Creating new pathways in translational innovation
As part of the Kauffman-sponsored Energizing Health Collaboration Series, we've turned over eMed to Guest Editor Matt Keener, the chief architect for the Pittsburgh leg of the collaboration conference and a translational clinical neuroscientist. Here's Matt's latest contribution in his role as eMed Guest Editor.
In my first eMed column, I explained the world of translational medicine -- and the opportunities it presents for entrepreneurs in a "translational innovation" space. Many people might not realize that some of this work merging translational research and innovation is already taking place in academic departments.
To start from the beginning: translational medicine is a focus in which medical research is "translated" into health tools and solutions for patients. To take these findings from benchtop to bedside requires teams of individuals, each with their own area of focus. We'll be covering some of this at Monday's Energizing Health where researchers, academicians, clinicians and innovators will convene in Pittsburgh for a symposium examining collaboration models addressing the next-generation of patient engagement solutions.
Although there has been some hesitation from the academic community to embrace a merger of scientific discovery and enterprise, Dr. Amanda Christini at the University of Pennsylvania reports we are seeing the emergence of a new paradigm, "one in which revenue-driven commercialization is replaced by the realization that health systems have an opportunity and responsibility for mission driven commercialization." With this shift, and a prioritization of those solutions delivering value to patients and stakeholders, departments are increasingly utilizing novel methods to mobilize, reward, and train those cutting new paths through the wilds of healthcare innovation.
Dr. Christini, an internist working with Dr. David Asch at the Penn Medicine Center for Health Care Innovation, highlights approaches that they and other top-tier institutions are taking to mobilize how innovative thinking can be cultivated within academic health systems. "In the past, these departments had typically worked in A serial approach. They would take a known asset of [intellectual property], and then pass it on to the tech transfer offices, who would then find a business team to take the product to market."
By leveraging her background in biotech business development. Dr. Christini informed an organizational approach that better mimicked an iterative startup workflow. Using this more dynamic approach they were able to get more accomplished quicker, getting an antimicrobial susceptibility program from concept to patient pilot in six months.

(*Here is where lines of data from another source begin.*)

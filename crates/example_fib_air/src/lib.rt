//! The Fibonacci table as an AIR, its trace, and what its rows mean: the first example to copy.
//!
//! The definitions that contracts cite are in `specs/` (`Fib`). `example_fib` proves and verifies the table.
#![tactic(auto)]

mod air;
mod meanings;
mod trace;

pub use air::FibAir;
pub use meanings::fib_rows_mean;
pub use trace::{fib_publics, fib_trace};
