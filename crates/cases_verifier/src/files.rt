//! A proof as a proof file of the program.

use crate::statement::Kept;
use p3_field::Mem;
use std::alloc::Global;
use tool_lines::push_number;
use tool_proof_files::read_proof_file;
use tool_verifier::answer_verify;

/// What the program's `verify` answers to the file of what is stated, with these numbers of a proof: the status and the line, or `no file`.
pub fn file_answer(alloc: Global, kept: &Kept, numbers: &[u64]) -> Mem<String> {
    let mut text = Vec::new(alloc);
    push_number(&mut text, 1)?;
    for number in kept.statement.iter().chain(numbers) {
        push_number(&mut text, *number)?;
    }
    let Ok(file) = read_proof_file(alloc, &text) else {
        return String::from_str(alloc, "no file");
    };
    let answer = answer_verify(alloc, &file)?;
    let status = answer.status.number();
    let text = std::str::from_utf8(&answer.text).unwrap_or("").trim_end();
    format!(in alloc; "{status} {text}")
}
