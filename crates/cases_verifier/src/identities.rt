//! The identity of a table at a point, and the rows that it reads.
ghost use Rattle.std.specs.Prelude.{length, IsTrue};
ghost use Rattle.p3_lookup.specs.Written.{read_all};
ghost use Rattle.verifier_identity.specs.Identity.{HasDeclaredLengths};
ghost use Rattle.verifier_identity.specs.VerifierData.{identity_opened_of};

use crate::plain::Plain;
use crate::reading::{Case, elements, quartics};
use crate::statement::air_of;
use crate::writing::{bad_case, push_values};
use air_core::{Air, BaseAir};
use commit_core::{PeriodicColumns, PolynomialSpace};
use p3_field::{BabyBear, FieldCore, Mem, QuarticExtension, RingCore, TwoAdicMultiplicativeCoset};
use p3_lookup::{LogUpGadget, Lookups};
use plain_pcs::PlainError;
use std::alloc::Global;
use verifier_identity::{IdentityData, periodic_values_at, recombined_row, zero_row};

// Whether the lists that a table's identity is decided from are as long as the table declares.
fn are_declared<A: BaseAir<BabyBear>>(
    air: &A,
    given: &IdentityData<'_, BabyBear, QuarticExtension>,
) -> bool
    ensures { IsTrue result → HasDeclaredLengths (A.declaration air.now)
        (length (read_all given.now.lookups.now)) (identity_opened_of given.now) }
{
    if given.trace_local.len() != air.width() || given.trace_next.len() != air.width() {
        return false;
    }
    let preprocessed = air.preprocessed_width();
    if given.preprocessed_local.len() != preprocessed
        || given.preprocessed_next.len() != preprocessed
    {
        return false;
    }
    if given.periodic_values.len() != air.periodic_columns().len()
        || given.public_values.len() != air.num_public_values()
    {
        return false;
    }
    let lookups = given.lookups.len();
    let (row, next) = (given.permutation_local.len(), given.permutation_next.len());
    if lookups > 0
        && (row <= lookups || next <= lookups || row - 1 != lookups || next - 1 != lookups)
    {
        return false;
    }
    let (challenges, terminals) = (
        given.permutation_challenges.len(),
        given.permutation_values.len(),
    );
    challenges / 2 == lookups && challenges % 2 == 0 && (lookups == 0 || terminals == 1)
}

// Whether the identity of a table holds at a point: `holds`, or the refusal's text. The numbers are the logarithm of the domain's size, the point, alpha and
// the quotient's value, and the rows what is opened, in the order of the fields.
fn identity<A: Air<BabyBear>>(
    alloc: Global,
    air: &A,
    numbers: [u64; 4],
    publics: &[BabyBear],
    rows: &[Vec<QuarticExtension>],
) -> Mem<String> {
    let [log_size, zeta, alpha, quotient] = numbers;
    let [
        local,
        next,
        fixed,
        fixed_next,
        running,
        running_next,
        challenges,
        terminals,
    ] = rows
    else {
        return bad_case(alloc);
    };
    let Some(domain) = TwoAdicMultiplicativeCoset::new(BabyBear::ONE, log_size as usize) else {
        return bad_case(alloc);
    };
    let Ok(columns) = PeriodicColumns::new(air.periodic_columns(), domain.size()) else {
        return bad_case(alloc);
    };
    let zeta = QuarticExtension::from_u64(zeta);
    let periodic = periodic_values_at(alloc, &domain, columns, zeta)?;
    let lookups = Lookups::from_air(alloc, air)?;
    let given = IdentityData {
        zeta,
        alpha: QuarticExtension::from_u64(alpha),
        trace_local: local,
        trace_next: next,
        preprocessed_local: fixed,
        preprocessed_next: fixed_next,
        permutation_local: running,
        permutation_next: running_next,
        permutation_challenges: challenges,
        permutation_values: terminals,
        periodic_values: &periodic,
        lookups: lookups.as_slice(),
        public_values: publics,
        trace_domain: domain,
        quotient: QuarticExtension::from_u64(quotient),
    };
    if !are_declared(air, &given) {
        return bad_case(alloc);
    }
    match given.verify_constraints_with_lookups::<A, LogUpGadget, PlainError>(
        air,
        &LogUpGadget::new(),
    ) {
        Ok(()) => String::from_str(alloc, "holds"),
        Err(error) => format!(in alloc; "{error}"),
    }
}

/// Whether the identity holds of the table that the call's first number names, or of one without columns. The public values and the rows are groups.
pub fn identity_case(alloc: Global, case: &Case) -> Mem<String> {
    let [head, publics, groups @ ..] = case.groups.as_slice() else {
        return bad_case(alloc);
    };
    let [kind, log_size, zeta, alpha, quotient] = head.as_slice() else {
        return bad_case(alloc);
    };
    let numbers = [*log_size, *zeta, *alpha, *quotient];
    let publics = elements(alloc, publics)?;
    let mut rows = Vec::new(alloc);
    for group in groups {
        rows.push(elements(alloc, group)?)?;
    }
    if case.name == "plain" {
        let air = Plain {
            columns: 0,
            public_values: 0,
            hint: None,
            periodic: Vec::new(alloc),
        };
        return identity(alloc, &air, numbers, &publics, &rows);
    }
    match air_of(alloc, *kind, *log_size)? {
        Some(air) => identity(alloc, &air, numbers, &publics, &rows),
        None => bad_case(alloc),
    }
}

/// So many zeros, or the values of so many columns, of which the group has the coefficients of those of their flattened columns.
pub fn row_case(alloc: Global, case: &Case) -> Mem<String> {
    let [head, coefficients] = case.groups.as_slice() else {
        return bad_case(alloc);
    };
    let [count] = head.as_slice() else {
        return bad_case(alloc);
    };
    let count = *count as usize;
    let mut out = String::new(alloc);
    if case.name == "zeros" {
        push_values(alloc, &mut out, &zero_row(alloc, count)?)?;
        return Ok(out);
    }
    let row = quartics(alloc, coefficients)?;
    if row.len() / 4 != count || row.len() % 4 != 0 {
        return bad_case(alloc);
    }
    let columns = recombined_row::<BabyBear, QuarticExtension>(alloc, &row, count)?;
    push_values(alloc, &mut out, &columns)?;
    Ok(out)
}
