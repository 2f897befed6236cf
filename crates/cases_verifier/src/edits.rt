//! The numbers of a proof, with some put in the place of others.

use p3_field::Mem;
use std::alloc::Global;

/// The numbers with these edits made, in the order of their places among the numbers. An edit is a place, how many numbers are removed there,
/// and what is put there. Where it has no place, no number is left.
pub fn edited(alloc: Global, numbers: &[u64], edits: &[Vec<u64>]) -> Mem<Vec<u64>> {
    let mut all = Vec::new(alloc);
    let mut from = 0usize;
    for edit in edits {
        let [at, removed, inserted @ ..] = edit.as_slice() else {
            return Ok(Vec::new(alloc));
        };
        let at = *at as usize;
        all.extend_from_slice(numbers.get(from..at).unwrap_or(&[]))?;
        all.extend_from_slice(inserted)?;
        from = at.saturating_add(*removed as usize);
    }
    all.extend_from_slice(numbers.get(from..).unwrap_or(&[]))?;
    Ok(all)
}
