//! Answers the cases of its standard input, one line each: calls of the verifier of a batch and of its parts.
#![tactic(auto)]

mod challengers;
mod claims;
mod draws;
mod edits;
mod files;
mod identities;
mod plain;
mod proofs;
mod reading;
mod settings;
mod soundness;
mod statement;
mod verify;
mod writing;

use batch_statement::SharedData;
use p3_field::Mem;
use reading::{Case, case_of};
use statement::{Kept, Stated};
use std::alloc::Global;
use std::io;
use writing::bad_case;

// What the verifier says over the configuration of this name, and after a bar what the program's `verify` answers to the same proof as a file.
fn with_file(alloc: Global, kept: &Kept, name: &str, numbers: &[u64]) -> Mem<String> {
    let said = verify::tables(alloc, &kept.stated, name, &[], numbers)?;
    let answered = files::file_answer(alloc, kept, numbers)?;
    format!(in alloc; "{said} | {answered}")
}

// The answer to a call on what is stated, of the proof with the numbers that the case's edits leave.
fn proof_answer(alloc: Global, kept: &Kept, case: &Case) -> Mem<String> {
    let [head, edits @ ..] = case.groups.as_slice() else {
        return bad_case(alloc);
    };
    let numbers = edits::edited(alloc, &kept.numbers, edits)?;
    let stated = &kept.stated;
    match case.call {
        "verify" => verify::tables(alloc, stated, case.name, head, &numbers),
        "file" => with_file(alloc, kept, case.name, &numbers),
        "column" => verify::column(alloc, head, &numbers),
        "claims" => claims::claims(alloc, stated, head, &numbers),
        "shape" => draws::shape(alloc, stated, case.name, &numbers),
        "draws" => draws::draws(alloc, case.name, head, &numbers),
        "counts" => soundness::counts(alloc, head),
        _ => bad_case(alloc),
    }
}

// The answer to a line.
fn answer(alloc: Global, kept: &mut Kept, line: &str) -> Mem<String> {
    let case = case_of(alloc, line)?;
    match case.call {
        "#" => String::from_str(alloc, line),
        "tables" | "proof" | "height" => statement::keep(alloc, kept, &case),
        "identity" => identities::identity_case(alloc, &case),
        "row" => identities::row_case(alloc, &case),
        "broken" => soundness::broken(alloc, &case.groups),
        _ => proof_answer(alloc, kept, &case),
    }
}

fn main(rt: HostRuntime) -> io::Result<()> {
    let alloc = rt.alloc();
    let stated = Stated {
        airs: Vec::new(alloc),
        publics: Vec::new(alloc),
        common: SharedData::new(None, Vec::new(alloc)),
    };
    let mut kept = Kept {
        stated,
        statement: Vec::new(alloc),
        numbers: Vec::new(alloc),
    };
    for line in rt.lines(alloc) {
        let answer = answer(alloc, &mut kept, &line?)?;
        rt.println(&answer)?;
    }
    Ok(())
}
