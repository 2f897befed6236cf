//! The configurations: the program's is the library's own, and three more.
ghost use Rattle.std.specs.Prelude.{◌≡◌, ◌<◌, ◌^◌, IfSome};

use crate::challengers::FixedChallenger;
use commit_core::{CosetPcs, Pcs, PolynomialSpace, UnivariateStarkPcs};
use law_soundness::PlainConfig;
use p3_challenger::Sha256Challenger;
use p3_dft::{NaiveDft, Radix2Dit};
use p3_field::{BabyBear, QuarticExtension};
use plain_pcs::PlainPcs;
use tool_statement::ToolConfig;

/// A smaller configuration: challenges in the base field, a blowup of four.
pub type SmallConfig = PlainConfig<BabyBear, NaiveDft, BabyBear, Sha256Challenger>;

/// The program's configuration but for the challenger, which draws what is known before.
pub type FixedConfig = PlainConfig<BabyBear, Radix2Dit, QuarticExtension, FixedChallenger>;

/// As many bits as are ground at once, at most 30: they are fewer values than the base field has.
pub fn few_bits(number: u64) -> Option<usize>
    ensures { IfSome result (λ bits. 2 ^ bits < 2013265921) }
{
    if number <= 30 {
        Some(number as usize)
    } else {
        None
    }
}

/// The smaller configuration, which grinds so many bits before the point, and none before the lookups' challenges.
pub fn small_config(ood_bits: usize) -> SmallConfig
    requires { 2 ^ ood_bits < 2013265921 }
    ensures { result.pcs.log_blowup ≡ 2 }
{
    match PlainPcs::new(NaiveDft, 2) {
        Some(pcs) => SmallConfig::new(pcs, Sha256Challenger::new(), 0, ood_bits),
        None => unreachable!(),
    }
}

/// The program's configuration without grinding.
pub fn zero_config() -> ToolConfig {
    match PlainPcs::new(Radix2Dit, 1) {
        Some(pcs) => ToolConfig::new(pcs, Sha256Challenger::new(), 0, 0),
        None => unreachable!(),
    }
}

/// The configuration whose challenger draws alpha and then zeta, without grinding.
pub fn fixed_config(alpha: QuarticExtension, zeta: QuarticExtension) -> FixedConfig {
    let challenger = FixedChallenger {
        next: alpha,
        later: zeta,
    };
    match PlainPcs::new(Radix2Dit, 1) {
        Some(pcs) => FixedConfig::new(pcs, challenger, 0, 0),
        None => unreachable!(),
    }
}
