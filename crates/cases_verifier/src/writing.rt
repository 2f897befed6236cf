//! Writes answers.

use p3_field::{BabyBear, BasedVectorSpace, Mem, PrimeCore64, QuarticExtension};
use std::alloc::Global;
use std::fmt::{Display, Write};

/// The answer to a case that has no such call, or whose numbers don't fit it.
pub fn bad_case(alloc: Global) -> Mem<String> {
    String::from_str(alloc, "bad case")
}

/// Appends a word to an answer.
pub fn push_word<T: Display + Drop>(out: &mut String, word: T) -> Mem<()> {
    if !out.is_empty() {
        out.push(' ')?;
    }
    write!(out, "{word}")
}

/// Appends the coefficients of values, one after another.
pub fn push_values(alloc: Global, out: &mut String, values: &[QuarticExtension]) -> Mem<()> {
    let coefficients: Vec<BabyBear> = QuarticExtension::flatten_to_base(alloc, values)?;
    for coefficient in &coefficients {
        push_word(out, coefficient.as_canonical_u64())?;
    }
    Ok(())
}
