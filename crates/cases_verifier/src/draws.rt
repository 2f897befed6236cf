//! The checks of a proof's shape, and what is drawn along a proof. Commitments are elements here, which the challenger observes as such.
ghost use Rattle.std.specs.Prelude.{◌≡◌, ◌≤◌, ◌<◌, ◌^◌, map};
ghost use Rattle.batch_statement.specs.Statement.{WellFormed, read_common};

use crate::plain::Plain;
use crate::proofs::{ProofOf, proof_of};
use crate::reading::elements;
use crate::settings::few_bits;
use crate::statement::Stated;
use crate::writing::{bad_case, push_values, push_word};
use air_core::{Air, BaseAir, Count, Node, SymbolicExpression};
use batch_statement::{BatchVerificationError, PreprocessedTraces, SharedData};
use p3_challenger::{CanSample, Sha256Challenger};
use p3_field::{BabyBear, FieldCore, Mem, PrimeCore64, QuarticExtension, RingCore};
use p3_lookup::{Kind, Lookup, Lookups};
use p3_uni_stark::TranscriptVersion;
use plain_pcs::PlainError;
use std::alloc::Global;
use verifier_draws::{Drawn, check_draws};
use verifier_shape::{ShapeBounds, check_shape};

// What a batch shares, where a commitment is an element.
type Shared = SharedData<BabyBear, BabyBear>;

// A proof whose commitments are elements.
type SmallProof = ProofOf<BabyBear, QuarticExtension>;

// What is drawn, or a refusal.
type Answer = Result<Drawn<QuarticExtension, Sha256Challenger>, BatchVerificationError<PlainError>>;

// The bounds of a backend that masks or doesn't, with traces of up to 2^26 rows.
fn bounds_of(masked: bool) -> ShapeBounds
    ensures fits { result.most < 64 }
    ensures masked { result.masks ≤ result.least }
    ensures masks { result.masks ≤ 1 }
{
    let masks = masked as usize;
    ShapeBounds {
        zk: masked,
        masks,
        least: masks,
        most: 26,
        dimension: 4,
    }
}

/// The logarithms of the tables' numbers of chunks, where no check of the proof's shape fails, else the refusal's text.
pub fn shape(alloc: Global, stated: &Stated, name: &str, numbers: &[u64]) -> Mem<String> {
    let Some(proof) = proof_of::<BabyBear, QuarticExtension>(alloc, numbers)? else {
        return bad_case(alloc);
    };
    let common = Shared::empty(alloc, stated.airs.len())?;
    if !common.fits(alloc, &stated.airs)? {
        return bad_case(alloc);
    }
    let bounds = bounds_of(name == "masked");
    let checked: Result<Vec<usize>, BatchVerificationError<PlainError>> = check_shape(
        alloc,
        &stated.airs,
        &stated.publics,
        &common,
        &proof,
        bounds,
    );
    match checked {
        Ok(chunks) => format!(in alloc; "{chunks:?}"),
        Err(error) => format!(in alloc; "{error}"),
    }
}

// The expression that is this constant.
fn constant(alloc: Global, element: BabyBear) -> Mem<SymbolicExpression<BabyBear>> {
    let mut nodes = Vec::new(alloc);
    nodes.push(Node::Constant(element))?;
    Ok(SymbolicExpression::new(nodes))
}

// A lookup that sends one tuple of ones of this width once, on the bus of this name, or within the table where it has none.
fn lookup(alloc: Global, bus: &str, width: usize) -> Mem<Lookup<BabyBear>> {
    let mut tuple = Vec::new(alloc);
    for _column in 0..width {
        tuple.push(constant(alloc, BabyBear::ONE)?)?;
    }
    let count = Count {
        value: constant(alloc, BabyBear::ONE)?,
        bound: 1,
    };
    let kind = if bus.is_empty() {
        Kind::Local
    } else {
        Kind::Global(String::from_str(alloc, bus)?)
    };
    Ok(Lookup::new(kind, vec![in alloc; tuple]?, vec![in alloc; count]?))
}

// What the worked batch shares: the first table has a lookup on a bus, one within it, and one on that bus again, the second none, and a commitment to
// no preprocessed trace is 9. Or there is none of these.
fn worked_common(alloc: Global, whole: bool) -> Mem<Shared> {
    if !whole {
        return Shared::empty(alloc, 2);
    }
    let mut first = Vec::new(alloc);
    for (bus, width) in [("fruit", 2), ("", 1), ("fruit", 2)] {
        first.push(lookup(alloc, bus, width)?)?;
    }
    let second = Lookups::new(Vec::new(alloc));
    let traces = PreprocessedTraces {
        commitment: BabyBear::from_u64(9),
        instances: vec![in alloc; None, None]?,
        matrix_to_instance: Vec::new(alloc),
    };
    let lookups = vec![in alloc; Lookups::new(first), second]?;
    Ok(Shared::new(Some(traces), lookups))
}

// What is drawn in a version along a proof of these tables with so many bits to grind, after the checks of its shape.
fn drawn(
    alloc: Global,
    airs: &[Plain],
    publics: &[Vec<BabyBear>],
    common: &Shared,
    proof: &SmallProof,
    bounds: ShapeBounds,
    version: TranscriptVersion,
    lookup_bits: usize,
    ood_bits: usize,
) -> Answer
    requires fits { bounds.most < 64 }
    requires masked { bounds.masks ≤ bounds.least }
    requires masks { bounds.masks ≤ 1 }
    requires formed { WellFormed (map ⟦<Plain as BaseAir<BabyBear>>⟧.declaration airs.now)
        (read_common common.now) }
    requires lookup { 2 ^ lookup_bits < 2013265921 }
    requires ood { 2 ^ ood_bits < 2013265921 }
{
    match check_shape(alloc, airs, publics, common, proof, bounds) {
        Ok(_chunks) => check_draws(
            alloc,
            airs,
            publics,
            common,
            proof,
            bounds,
            Sha256Challenger::new(),
            version,
            lookup_bits,
            ood_bits,
        ),
        Err(error) => Err(error),
    }
}

// The coefficients of each table's challenges, of alpha and of zeta, and the element that is drawn next.
fn drawn_text(alloc: Global, drawn: Drawn<QuarticExtension, Sha256Challenger>) -> Mem<String> {
    let mut out = String::new(alloc);
    for challenges in &drawn.challenges {
        push_values(alloc, &mut out, challenges)?;
        push_word(&mut out, "/")?;
    }
    push_values(alloc, &mut out, &[drawn.alpha, drawn.zeta])?;
    let mut challenger = drawn.challenger;
    let next: BabyBear = challenger.sample();
    push_word(&mut out, next.as_canonical_u64())?;
    Ok(out)
}

/// What is drawn along a proof of the worked batch, two tables without constraints, with so many bits to grind, in version 2 where a third number
/// stands behind these, or the refusal's text.
pub fn draws(alloc: Global, name: &str, head: &[u64], numbers: &[u64]) -> Mem<String> {
    let [lookup_bits, ood_bits, version @ ..] = head else {
        return bad_case(alloc);
    };
    let version = if version.is_empty() {
        TranscriptVersion::V1
    } else {
        TranscriptVersion::V2
    };
    let (Some(lookup_bits), Some(ood_bits)) = (few_bits(*lookup_bits), few_bits(*ood_bits)) else {
        return bad_case(alloc);
    };
    let Some(proof) = proof_of::<BabyBear, QuarticExtension>(alloc, numbers)? else {
        return bad_case(alloc);
    };
    let airs = [
        Plain {
            columns: 2,
            public_values: 0,
            hint: None,
            periodic: Vec::new(alloc),
        },
        Plain {
            columns: 3,
            public_values: 1,
            hint: None,
            periodic: Vec::new(alloc),
        },
    ];
    let publics = [Vec::new(alloc), elements(alloc, &[6])?];
    let whole = name == "whole";
    let common = worked_common(alloc, whole)?;
    if !common.fits(alloc, &airs)? {
        return bad_case(alloc);
    }
    let bounds = bounds_of(whole);
    match drawn(
        alloc,
        &airs,
        &publics,
        &common,
        &proof,
        bounds,
        version,
        lookup_bits,
        ood_bits,
    ) {
        Ok(drawn) => drawn_text(alloc, drawn),
        Err(error) => format!(in alloc; "{error}"),
    }
}
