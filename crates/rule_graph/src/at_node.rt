//! The rules of the table at a node.

ghost use Rattle.std.specs.Prelude.{◌≡◌, ◌<◌, length, MatchOption, Some};
ghost use Rattle.rule_views.specs.declared.view.Found.{Found};
ghost use Rattle.rule_graph.specs.declared.place.Place.{Place};
ghost use Rattle.rule_graph.specs.Graph.{IsFormed};
ghost use Rattle.rule_graph.specs.Found.{IsInstance, IsKept, NoRuleAt};

use crate::node::Node;
use crate::place::{Place, input};
use rule_find::find;
use rule_views::Found;

/// The first rule of the table that matches a node, a COPY passed, and what it makes of it.
pub fn find_at<'a>(nodes: &'a [Node], at: u32) -> Option<Found<Place<'a>>>
    requires formed { IsFormed nodes.now }
    requires inside { at < length nodes.now }
    ensures found { MatchOption result (NoRuleAt nodes.now at) (λ f. IsInstance nodes.now at f) }
    ensures kept { (f : Found Place) → result ≡ Some f → IsKept nodes.now at f.made }
{
    find(input(nodes, at))
}
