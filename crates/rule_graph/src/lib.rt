//! A small graph of nodes by number, in which rules are found.
//!
//! A node may be seen as its value, as a constant, or as its op over what its inputs are seen as; a COPY among the inputs
//! is passed. What is seen at a node has the node's width, and, wherever the nodes' equations hold, its value
//! (`proofs/Values.antt`). So what the rule that `find_at` finds makes of a node has the node's width and its value
//! (`proofs/Kept.antt`).
#![tactic(auto)]

pub mod at_node;
pub mod node;
pub mod place;

pub use at_node::find_at;
pub use node::{Node, Op};
pub use place::Place;
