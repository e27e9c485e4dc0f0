//! The nodes of a graph.

use bits_core::{Width, Word};
use rule_views::{Pair, Single};

/// What a node computes of its inputs, which are named by number.
#[derive(Clone, Copy)]
pub enum Op {
    /// What a parameter or anything else outside expressions gives.
    Entry,
    Copy(u32),
    Const(Word),
    Single(Single, u32),
    Pair(Pair, u32, u32),
}

/// A node and the width of its value.
#[derive(Clone, Copy)]
pub struct Node {
    pub op: Op,
    pub width: Width,
}
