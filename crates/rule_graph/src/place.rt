//! A place in a graph.

ghost use Rattle.std.specs.Prelude.{◌≡◌, ◌<◌, ℕ, ◌↔◌, length, Some, IsTrue};
ghost use Rattle.rule_graph.specs.declared.node.Op.TheVariants as O;
ghost use Rattle.rule_graph.specs.Graph.{IsFormed, IsPlain, op_at, real, width_at};
ghost use Rattle.rule_graph.specs.Sees.{IsSeen};

use crate::node::{Node, Op};
use bits_core::{Width, Word};
use rule_views::{Pair, Single, View};

/// A node that is no COPY, by its number.
#[derive(Clone, Copy)]
pub struct Place<'a> {
    pub nodes: &'a [Node],
    pub at: u32,
    pub ghost formed: { IsFormed nodes.now },
    pub ghost plain: { IsPlain nodes.now at },
}

fn op_here(nodes: &[Node], i: u32) -> Op
    requires { i < length nodes.now }
    ensures { op_at nodes.now i ≡ Some result }
{
    nodes[i as usize].op
}

fn width_here(nodes: &[Node], i: u32) -> Width
    requires { i < length nodes.now }
    ensures { result.bytes ≡ width_at nodes.now i }
{
    nodes[i as usize].width
}

/// The place of an input: what a COPY is of, else the node itself.
pub fn input<'a>(nodes: &'a [Node], i: u32) -> Place<'a>
    requires formed { IsFormed nodes.now }
    requires inside { i < length nodes.now }
    ensures nodes { result.nodes.now ≡ nodes.now }
    ensures at { result.at ≡ real nodes.now i }
{
    match op_here(nodes, i) {
        Op::Copy(j) => Place { nodes, at: j },
        _ => Place { nodes, at: i },
    }
}

impl<'a> View for Place<'a> {
    ghost Sees = { λ vs p e. IsSeen p.nodes.now p.at vs e };

    fn constant(self) -> Option<Word> {
        match op_here(self.nodes, self.at) {
            Op::Const(c) => Some(c),
            _ => None,
        }
    }

    fn single(self) -> Option<(Single, Self)> {
        match op_here(self.nodes, self.at) {
            Op::Single(node, a) => Some((node, input(self.nodes, a))),
            _ => None,
        }
    }

    fn pair(self) -> Option<(Pair, Self, Self)> {
        match op_here(self.nodes, self.at) {
            Op::Pair(node, a, b) => Some((node, input(self.nodes, a), input(self.nodes, b))),
            _ => None,
        }
    }

    fn width(self) -> Width {
        width_here(self.nodes, self.at)
    }

    fn same(self, other: Self) -> bool {
        if self.at == other.at {
            return true;
        }
        match self.constant() {
            Some(c) => is_constant(other, c),
            None => false,
        }
    }
}

fn is_constant(p: Place<'_>, c: Word) -> bool
    ensures { IsTrue result ↔ (op_at p.entry.nodes.now p.entry.at ≡ Some (O.Const c)) }
{
    match op_here(p.nodes, p.at) {
        Op::Const(d) => d == c,
        _ => false,
    }
}
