//! One place is asked for the file, and what its answer comes to.
ghost use Rattle.rt_peer.specs.Fetching.{AsksDeep, AsksPeer};

use crate::files::file_in;
use crate::{Peer, PeerFault};
use rt_base::Header;
use rt_deep::{DeepRefused, DeepStore};
use rt_segment::Sealed;
use std::alloc::Global;

/// The wanted file at a path of the deep store; None where what stands there, if anything, is another one.
pub(crate) fn ask_deep<D: DeepStore>(
    alloc: Global,
    deep: &mut D,
    path: &str,
    wanted: Header,
) -> Result<Option<Sealed>, PeerFault>
    ensures { AsksDeep wanted path.now (D.meaning deep.old) (D.meaning deep.new) result }
{
    match deep.get(alloc, path) {
        Ok(bytes) => file_in(alloc, wanted, bytes.as_slice()),
        Err(DeepRefused::Failed) => Err(PeerFault::Failed),
        Err(DeepRefused::Memory) => Err(PeerFault::Memory),
        Err(_) => Ok(None),
    }
}

/// The wanted file of a peer; None where what it holds of the segment, if anything, is another one.
pub(crate) fn ask_peer<P: Peer>(
    alloc: Global,
    peer: &mut P,
    wanted: Header,
) -> Result<Option<Sealed>, PeerFault>
    ensures { AsksPeer wanted (P.meaning peer.old) (P.meaning peer.new) result }
{
    match peer.copy(alloc, wanted.partition, wanted.sequence)? {
        Some(bytes) => file_in(alloc, wanted, bytes.as_slice()),
        None => Ok(None),
    }
}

Another approach taken by both Penn and other departments is the growing use of competitions similar to those in startup culture. As one example, the Clinical and Translational Science Institute at the University of Pittsburgh ran a $300,000 Pitt Innovation Challenge competition, looking for novel solutions. Leading QuitNinja, one of the winning teams, was Dr. Ellen Beckjord. Dr. Beckjord is a translational researcher using behavioral research to better inform behavioral change, and has noted the growing attention paid to those junior faculty who are able to bridge translational research with the development of novel programs or innovations that can advance the mission of the university. She cautions however, that for the purposes of advancing the careers of junior faculty "right now commercialization per se is not incentivized; however, doing research that has the potential for commercialization definitely is."
Therefore one of the more exciting developments in this space is when there are junior faculty members whose advances in moving the needle in translational innovation are being recognized and are driving new models. One example is Dr. Armen Arevian, who was just hired as a junior faculty member in the UCLA Health System and the Semel Institute, and will be starting an Innovation Lab in the Center for Health Services and Society. "The idea really is to form a translational lab where we can take the advances from our research and combine them with directly observed challenges in the health system for immediate translation/pilots to improve care, quality, efficiency." Dr. Arevian reports finding a nice balance between academic research and technology innovation within a major health system. "On the one hand, you have the capacity on the academic/research side for the ability to generate intellectual capital and obtain grant funding. This is synergistic with the opportunities provided by the health system that has its own complementary capacity, including access to patients, and refining business models that attempt to deliver value to our patients."
All those interviewed noted that although there were some changes afoot in how innovation was valued in their department, there was no one clear path emerging toward success in this space. And that's why they call it trailblazing.